*** Opening Data ***
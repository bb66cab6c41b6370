// The lines of the rows with which an input is stuck.
ghost use Rattle.std.specs.Prelude.{◌≡◌, ◌++◌, OnOk, OnErr};
ghost use Rattle.std.specs.List.{concat};
ghost use Rattle.pj_cert.specs.Partners.{partner_line, partner_of, partners_from, partners_of};

use crate::verdicts::name_at;
use pj_element::row_text;
use pj_value::{Bytes, List, NoMemory, Row};
use std::alloc::Global;

/// Appends one line for each input but this: `# partner K t ..`, with its row as an element line. On a refusal `out` is as it
/// was.
pub fn partners_text(
    alloc: Global,
    names: &[Bytes],
    input: u32,
    rows: &[Row],
    out: &mut List<u8>,
) -> Result<(), NoMemory>
    ensures ok { OnOk result (out.new ≡ out.old ++ concat (partners_of names.now input rows.now)) }
    ensures err { OnErr result (out.new ≡ out.old) }
{
    let mut text = List::new(alloc);
    append_partners(alloc, names, input, rows, &mut text)?;
    out.append(text.as_slice())?;
    Ok(())
}

fn append_partners(
    alloc: Global,
    names: &[Bytes],
    input: u32,
    rows: &[Row],
    text: &mut List<u8>,
) -> Result<(), NoMemory>
    ensures { OnOk result (text.new ≡ text.old ++ concat (partners_of names.now input rows.now)) }
{
    for (other, row) in rows.iter().enumerate() {
        append_other(alloc, names, input, other, row, text)?;
    }
    Ok(())
}

#[tactic(auto, using(crate::proofs::Appended::partner_same, crate::proofs::Appended::partner_other))]
fn append_other(
    alloc: Global,
    names: &[Bytes],
    input: u32,
    other: usize,
    row: &Row,
    text: &mut List<u8>,
) -> Result<(), NoMemory>
    ensures { OnOk result (text.new ≡ text.old ++ concat (partner_of names.now input other row.now)) }
{
    if other == input as usize {
        return Ok(());
    }
    append_partner(alloc, name_at(names, other), row, text)?;
    Ok(())
}

fn append_partner(
    alloc: Global,
    name: &[u8],
    row: &Row,
    text: &mut List<u8>,
) -> Result<(), NoMemory>
    ensures { OnOk result (text.new ≡ text.old ++ partner_line name.now row.now) }
{
    text.append(b"# partner ")?;
    text.append(name)?;
    text.append(b" ")?;
    row_text(alloc, row, text)?;
    text.append(b"\n")?;
    Ok(())
}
*** Closing Data ***
Required work: Every entry in the data should be returned exactly.

Task result:
repository bb66cab6c41b6370
// The lines of the rows with which an input is stuck.
ghost use Rattle.std.specs.Prelude.{◌≡◌, ◌++◌, OnOk, OnErr};
ghost use Rattle.std.specs.List.{concat};
ghost use Rattle.pj_cert.specs.Partners.{partner_line, partner_of, partners_from, partners_of};

use crate::verdicts::name_at;
use pj_element::row_text;
use pj_value::{Bytes, List, NoMemory, Row};
use std::alloc::Global;

/// Appends one line for each input but this: `# partner K t ..`, with its row as an element line. On a refusal `out` is as it
/// was.
pub fn partners_text(
    alloc: Global,
    names: &[Bytes],
    input: u32,
    rows: &[Row],
    out: &mut List<u8>,
) -> Result<(), NoMemory>
    ensures ok { OnOk result (out.new ≡ out.old ++ concat (partners_of names.now input rows.now)) }
    ensures err { OnErr result (out.new ≡ out.old) }
{
    let mut text = List::new(alloc);
    append_partners(alloc, names, input, rows, &mut text)?;
    out.append(text.as_slice())?;
    Ok(())
}

fn append_partners(
    alloc: Global,
    names: &[Bytes],
    input: u32,
    rows: &[Row],
    text: &mut List<u8>,
) -> Result<(), NoMemory>
    ensures { OnOk result (text.new ≡ text.old ++ concat (partners_of names.now input rows.now)) }
{
    for (other, row) in rows.iter().enumerate() {
        append_other(alloc, names, input, other, row, text)?;
    }
    Ok(())
}

#[tactic(auto, using(crate::proofs::Appended::partner_same, crate::proofs::Appended::partner_other))]
fn append_other(
    alloc: Global,
    names: &[Bytes],
    input: u32,
    other: usize,
    row: &Row,
    text: &mut List<u8>,
) -> Result<(), NoMemory>
    ensures { OnOk result (text.new ≡ text.old ++ concat (partner_of names.now input other row.now)) }
{
    if other == input as usize {
        return Ok(());
    }
    append_partner(alloc, name_at(names, other), row, text)?;
    Ok(())
}

fn append_partner(
    alloc: Global,
    name: &[u8],
    row: &Row,
    text: &mut List<u8>,
) -> Result<(), NoMemory>
    ensures { OnOk result (text.new ≡ text.old ++ partner_line name.now row.now) }
{
    text.append(b"# partner ")?;
    text.append(name)?;
    text.append(b" ")?;
    row_text(alloc, row, text)?;
    text.append(b"\n")?;
    Ok(())
}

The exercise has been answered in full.